Interactions between biochemical and mechanobiological activity and feedback loops
It is proposed that the formation and workings of the brain are influenced by an interplay between oscillatory biochemical (reaction-diffusion) and mechanobiological activity (including in response to external stresses), feedback loops, and stochastic resonance.
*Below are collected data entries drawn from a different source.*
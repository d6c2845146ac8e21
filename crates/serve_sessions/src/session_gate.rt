//! The gate of the sessions of a rack.

use audit_trail::RecordEntries;
use dp_audit::Receipt;
use dp_line::{Op, Step};
use dp_sessions::{DroppedOctets, Gate, NotRecorded, SessionEnd};
use dp_telegram::WholeFrame;
use log::Log;
use serve_clock::{Advance, LineClock};
use serve_log::{LineNumbers, Notes};
use std::sync::Wait;
use std::time::{Clock, Instant};

/// The milliseconds of a unit of time.
const UNIT: u64 = 10;

/// The clock of a line. Functions that start threads are generic over this trait, since the check derives from such a bound
/// that threads may share a clock.
pub trait KeepTime {
    /// Returns the number of the line.
    fn line(&self) -> u8;

    /// Advances the time of the line to a moment.
    fn advance<W: Wait, G: Gate>(&self, rt: &W, gate: &G, moment: u64) -> Advance;

    /// Has the devices of the line update the inputs of their slaves.
    fn step_devices<W: Wait, G: Gate>(&self, rt: &W, gate: &G);
}

impl KeepTime for LineClock<'_> {
    fn line(&self) -> u8 {
        self.line()
    }

    fn advance<W: Wait, G: Gate>(&self, rt: &W, gate: &G, moment: u64) -> Advance {
        self.advance(rt, gate, moment)
    }

    fn step_devices<W: Wait, G: Gate>(&self, rt: &W, gate: &G) {
        self.step_devices(rt, gate)
    }
}

/// A gate that keeps the time of lines. Functions that start threads are generic over it, as over [`KeepTime`].
pub trait TimedGate: Gate {
    /// Returns the milliseconds since the clocks were started, or 0 if the clock cannot be read.
    fn moment(&self) -> u64;

    /// Advances the time of all lines, and records their ticks.
    fn tick_all<W: Wait>(&self, rt: &W);

    /// Has the devices of all lines update the inputs of their slaves, and records these events.
    fn step_all<W: Wait>(&self, rt: &W);
}

/// The gate of the sessions of a rack: it reports what sessions do, records the entries of their lines, and advances the time
/// of a line before each exchange. The tick is recorded with the entry of the exchange.
#[derive(Drop)]
pub struct SessionGate<'a, H, C, D> {
    /// The host.
    pub host: &'a H,
    /// The reports on standard error.
    pub notes: &'a Notes<'a, H>,
    /// When the clocks were started.
    pub start: Option<Instant>,
    /// The clocks of the lines; none if the rack keeps no time.
    pub clocks: &'a [D],
    /// The numbers of the lines.
    pub numbers: LineNumbers,
    /// The recorders of the lines, in the same order.
    pub recorders: &'a [C],
}

impl<H: Wait + Log + Clock, C: RecordEntries, D: KeepTime> SessionGate<'_, H, C, D> {
    /// Advances the time of a line to this moment, and reports what was cut off.
    fn tick<W: Wait>(&self, rt: &W, clock: &D) {
        let Advance { cut_off, .. } = clock.advance(rt, self.notes, self.moment());
        if cut_off > 0 {
            let milliseconds = cut_off.saturating_mul(UNIT);
            self.notes.discarded(rt, clock.line(), milliseconds);
        }
    }
}

impl<H: Wait + Log + Clock, C: RecordEntries, D: KeepTime> TimedGate for SessionGate<'_, H, C, D> {
    fn moment(&self) -> u64 {
        let Some(start) = self.start else {
            return 0;
        };
        match start.elapsed(self.host) {
            Ok(passed) => u64::try_from(passed.as_millis()).unwrap_or(u64::MAX),
            Err(_) => 0,
        }
    }

    fn tick_all<W: Wait>(&self, rt: &W) {
        for clock in self.clocks {
            self.tick(rt, clock);
            // A recorder that fails stops serving.
            let _ = self.record(rt, clock.line(), None);
        }
        self.notes.report_delays(rt);
    }

    fn step_all<W: Wait>(&self, rt: &W) {
        for clock in self.clocks {
            clock.step_devices(rt, self);
        }
    }
}

impl<H: Wait + Log + Clock, C: RecordEntries, D: KeepTime> Gate for SessionGate<'_, H, C, D> {
    /// A recorder says that the entry is recorded.
    ghost recorded = { λ gate line place. (recorder : C) × C.recorded recorder line place };

    fn enter<W: Wait>(&self, rt: &W, line: u8, _master: u8) {
        for clock in self.clocks {
            if clock.line() == line {
                self.tick(rt, clock);
            }
        }
    }

    fn record<W: Wait>(&self, rt: &W, line: u8, place: Option<u32>) -> Result<(), NotRecorded> {
        let found = self.numbers.iter().position(|number| *number == line);
        let Some(index) = found else {
            return Err(NotRecorded);
        };
        let Some(recorder) = self.recorders.get(index) else {
            return Err(NotRecorded);
        };
        match recorder.record(rt, line, place) {
            Ok(()) => Ok(()),
            Err(_) => Err(NotRecorded),
        }
    }

    fn accepted<W: Wait>(&self, rt: &W, line: u8, master: u8) {
        self.notes.accepted(rt, line, master);
    }

    fn answered<W: Wait>(
        &self,
        rt: &W,
        line: u8,
        master: u8,
        frame: &WholeFrame<'_>,
        answer: &Step,
    ) {
        self.notes.answered(rt, line, master, frame, answer);
    }

    fn dropped<W: Wait>(&self, rt: &W, line: u8, master: u8, dropped: &DroppedOctets) {
        self.notes.dropped(rt, line, master, dropped);
    }

    fn ended<W: Wait>(&self, rt: &W, line: u8, master: u8, end: SessionEnd) {
        self.notes.ended(rt, line, master, end);
    }

    fn rejected<W: Wait>(&self, rt: &W, port: u8, address: Option<u8>, end: SessionEnd) {
        self.notes.rejected(rt, port, address, end);
    }

    fn operates<W: Wait>(&self, rt: &W, line: u8, op: &Op) {
        self.notes.operates(rt, line, op);
    }

    fn operated<W: Wait>(&self, rt: &W, line: u8, receipt: &Receipt) {
        self.notes.operated(rt, line, receipt);
    }
}
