//! The gate of the session of an operator.

use dp_audit::Receipt;
use dp_line::Op;
use dp_sessions::{Gate, NotRecorded};
use dp_text::LineFault;
use log::Log;
use serve_log::Notes;
use std::sync::Wait;
use std::time::Clock;

/// The gate of the session of an operator. It passes each call on to the gate of all sessions, and reports rows that are no command
/// as those of the operator at this place of its line.
#[derive(Drop)]
pub struct OperatorGate<'a, H, G> {
    /// The gate of all sessions.
    pub gate: &'a G,
    /// The reports on standard error.
    pub notes: &'a Notes<'a, H>,
    /// The place of the operator among those of its line.
    pub place: usize,
}

impl<H: Log + Clock, G: Gate> Gate for OperatorGate<'_, H, G> {
    /// The gate of all sessions says that the entry is recorded.
    ghost recorded = { λ gate line place. G.recorded gate.gate.now line place };

    fn enter<W: Wait>(&self, rt: &W, line: u8, master: u8) {
        self.gate.enter(rt, line, master);
    }

    fn record<W: Wait>(&self, rt: &W, line: u8, place: Option<u32>) -> Result<(), NotRecorded> {
        self.gate.record(rt, line, place)
    }

    fn operates<W: Wait>(&self, rt: &W, line: u8, op: &Op) {
        self.gate.operates(rt, line, op);
    }

    fn faulty_line<W: Wait>(&self, rt: &W, line: u8, octets: &[u8], fault: LineFault) {
        self.notes.faulty_line(rt, line, self.place, octets, fault);
    }

    fn operated<W: Wait>(&self, rt: &W, line: u8, receipt: &Receipt) {
        self.gate.operated(rt, line, receipt);
    }
}
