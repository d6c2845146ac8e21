//! What a rack server requires of its host.

use audit_files::FileHost;
use std::net::{Net, TcpListener, TcpStream};
use std::thread::Threads;

/// Sockets, files, threads, locks, a clock, and a log on standard error: all bounds on the host as one trait.
///
/// A function that shares the host with threads also requires `Sync`.
pub trait Host: Net<Listener = TcpListener, Stream = TcpStream> + FileHost + Threads {}

impl<H: Net<Listener = TcpListener, Stream = TcpStream> + FileHost + Threads> Host for H {}
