//! The clocks of the lines of a rack.

ghost use Rattle.serve_lines.specs.ServingLines.{AreServedLines};

use crate::server_context::ServerContext;
use serve_clock::{LineClock, Schedule};
use serve_lines::ServedLines;
use std::alloc::AllocError;
use std::sync::Wait;

/// Returns when ticks and steps are due.
pub fn schedule_of<H>(context: &ServerContext<'_, H>) -> Schedule {
    Schedule::new(context.tick, context.step)
}

/// Returns the clock of each line, in their order, or no clocks if the rack keeps no time.
///
/// Returns an error if memory is refused or a line gives no pass.
pub fn open_clocks<'l, H: Wait>(
    context: &ServerContext<'_, H>,
    served: ServedLines<'l>,
) -> Result<Vec<LineClock<'l>>, AllocError>
    requires { AreServedLines served }
{
    let ServedLines { lines, ports } = served;
    let mut clocks = Vec::new(context.alloc);
    if context.tick.is_none() && context.step.is_none() {
        return Ok(clocks);
    }
    for line in lines {
        let port = &ports[clocks.len()];
        let Some(clock) = LineClock::open(context.sockets.rt, port, &line.spec, context.tick) else {
            return Err(AllocError);
        };
        clocks.push(clock)?;
    }
    Ok(clocks)
}

/// Hands the passes of the clocks back, so that the lines can be closed.
pub fn close_clocks<T: Wait>(rt: &T, clocks: Vec<LineClock<'_>>) {
    for clock in clocks {
        clock.close(rt);
    }
}
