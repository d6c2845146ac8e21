//! Recording lines in audit files before their answers are sent.
//!
//! No call can end the process from here, so a full disk ends the program from within: the thread that can't write an entry
//! stops serving. Each session sees that within 100 ms, by the timeout of its reads and writes. So the audit texts still come
//! on standard output, and the program ends with status 5.

ghost use Rattle.std.specs.Prelude.{◌≡◌, All, Contains, IfErr, IfOk, IfSome, Some, length};
ghost use Rattle.audit_trail.specs.Named.{name_of};
ghost use Rattle.audit_files.specs.FileFaults.{IsRecordingFault};
ghost use Rattle.serve_sessions.specs.Recordings.{AreRecordedIn, IsPartOfOne, paths_of};
ghost use Rattle.serve_lines.specs.ServedLines.{line_numbers};
ghost use Rattle.serve_lines.specs.ServingLines.{AreServedLines};

use crate::host::Host;
use crate::server_context::ServerContext;
use audit_files::{
    AuditFile, FileFault, FileTail, FileTrail, IncompleteFile, begin_text, complete_text,
    make_folder,
};
use audit_trail::{Naming, RecordEntries, Trail, TrailBreak};
use serve_lines::ServedLines;
use serve_options::PartOptions;
use serve_sockets::ServePhase;
use std::alloc::Global;
use std::net::Net;
use std::sync::Wait;

/// Records a line in its audit files before its answers are sent. If an entry is not written, serving stops.
#[derive(Drop)]
pub struct Recorder<'a, 'l, N, T> {
    /// The sockets of the host.
    pub net: &'l N,
    /// The phase of serving.
    pub serve_phase: &'l ServePhase,
    /// The audit text of the line.
    pub file: AuditFile<'a, T>,
}

/// A recorder whose trail writes to audit files, and that `J` names.
pub type FileRecorder<'a, 's, H, J> = Recorder<'a, 's, H, FileTrail<'a, 's, H, J>>;

/// A recorder whose trail has no name yet.
pub type UnnamedRecorder<'a, 's, H> = Recorder<'a, 's, H, FileTail<'a, 's, H>>;

impl<N: Net, T: RecordEntries> RecordEntries for Recorder<'_, '_, N, T> {
    ghost recorded = { λ recorder line place. T.recorded recorder.file.trail line place };

    ghost caught_up = { λ recorder. T.caught_up recorder.file.trail };

    fn record<H: Wait>(&self, rt: &H, line: u8, place: Option<u32>) -> Result<(), TrailBreak> {
        match self.file.trail.record(rt, line, place) {
            Ok(()) => Ok(()),
            Err(reason) => {
                self.serve_phase.stop(rt, self.net);
                Err(reason)
            }
        }
    }
}

/// Makes the folder, begins a new audit text in it for each line, and returns the recorders. `parts` is `None` if each text has
/// one file.
///
/// Returns `CannotMake` with the path that cannot be made, or `OutOfMemory`.
pub fn record_lines<'a, 's, H: Host>(
    context: &ServerContext<'s, H>,
    folder: &'a str,
    parts: Option<PartOptions>,
    served: ServedLines<'s>,
) -> Result<Vec<UnnamedRecorder<'a, 's, H>>, FileFault<'a>>
    requires { AreServedLines served }
    ensures each { IfOk result (λ all. length all.items ≡ length served.entry.lines.now) }
    ensures paths { IfOk result (λ all. AreRecordedIn folder.now (line_numbers served.entry.lines.now) (paths_of all.items)) }
    ensures fault { IfErr result (IsRecordingFault (Some folder.entry) (line_numbers served.entry.lines.now)) }
{
    let ServedLines { lines, ports } = served;
    let (alloc, old_parts, times) = (context.alloc, context.old_parts, context.times);
    let (host, notes) = (context.sockets.rt, context.sockets.notes);
    let serve_phase = context.sockets.serve_phase;
    match make_folder(host, folder) {
        Ok(()) => {}
        Err(fault) => return Err(fault),
    }
    let mut all = Vec::new(alloc);
    for line in lines {
        let port = &ports[all.len()];
        let number = line.spec.number;
        let file = match begin_text(
            host, notes, alloc, old_parts, times, folder, parts, &port.line, number,
        ) {
            Ok(file) => file,
            Err(fault) => return Err(fault),
        };
        let recorder = Recorder {
            net: host,
            serve_phase,
            file,
        };
        if all.push(recorder).is_err() {
            return Err(FileFault::OutOfMemory);
        }
    }
    Ok(all)
}

/// Lets threads share the trail of each recorder. `J` names these trails.
///
/// Returns `None` if memory is refused.
pub fn name_trails<'a, 's, H: Host, J: Naming>(
    alloc: Global,
    recorders: Vec<UnnamedRecorder<'a, 's, H>>,
) -> Option<Vec<FileRecorder<'a, 's, H, J>>>
    requires { All (λ recorder. Contains J.trails (name_of recorder.file.trail.pass)) recorders.items }
    ensures { IfSome result (λ all. paths_of all.items ≡ paths_of recorders.entry.items) }
{
    let mut all = Vec::new(alloc);
    for recorder in recorders {
        let Recorder {
            net,
            serve_phase,
            file: AuditFile { path, trail },
        } = recorder;
        let trail = Trail::new(trail);
        let named = Recorder {
            net,
            serve_phase,
            file: AuditFile { path, trail },
        };
        if all.push(named).is_err() {
            return None;
        }
    }
    Some(all)
}

/// Completes the audit text of each recorder. Returns the first file that lacks an entry.
pub fn first_incomplete<'a, H: Host, J: Naming>(
    host: &H,
    recorders: Vec<FileRecorder<'a, '_, H, J>>,
) -> Option<IncompleteFile<'a>>
    ensures { IfSome result (λ incomplete. IsPartOfOne (paths_of recorders.entry.items) incomplete.path) }
{
    let mut first = None;
    for recorder in recorders {
        first = first.or(complete_text(host, recorder.file));
    }
    first
}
This relationship between biochemistry and mechanobiology has already been explored in other areas of science. Waves in the BZ reaction in gels cause deformation, which in turn affects the spiral wave dynamics. Furthermore, a ‘‘chain reaction’’ of spiral wave births and deaths can result from an externally controlled deformation of a medium A. V. Panfilov 2005. A Adamatsky (2010) describes a propagating excitation wave front inducing an associated mechanical wave of contraction. Oscillatory dynamics have been found in organs e.g deformation can create spiral waves, and this has been explored in cardiac dynamics. Louis D. Weise et al 2011, A. V. Panfilov 2005.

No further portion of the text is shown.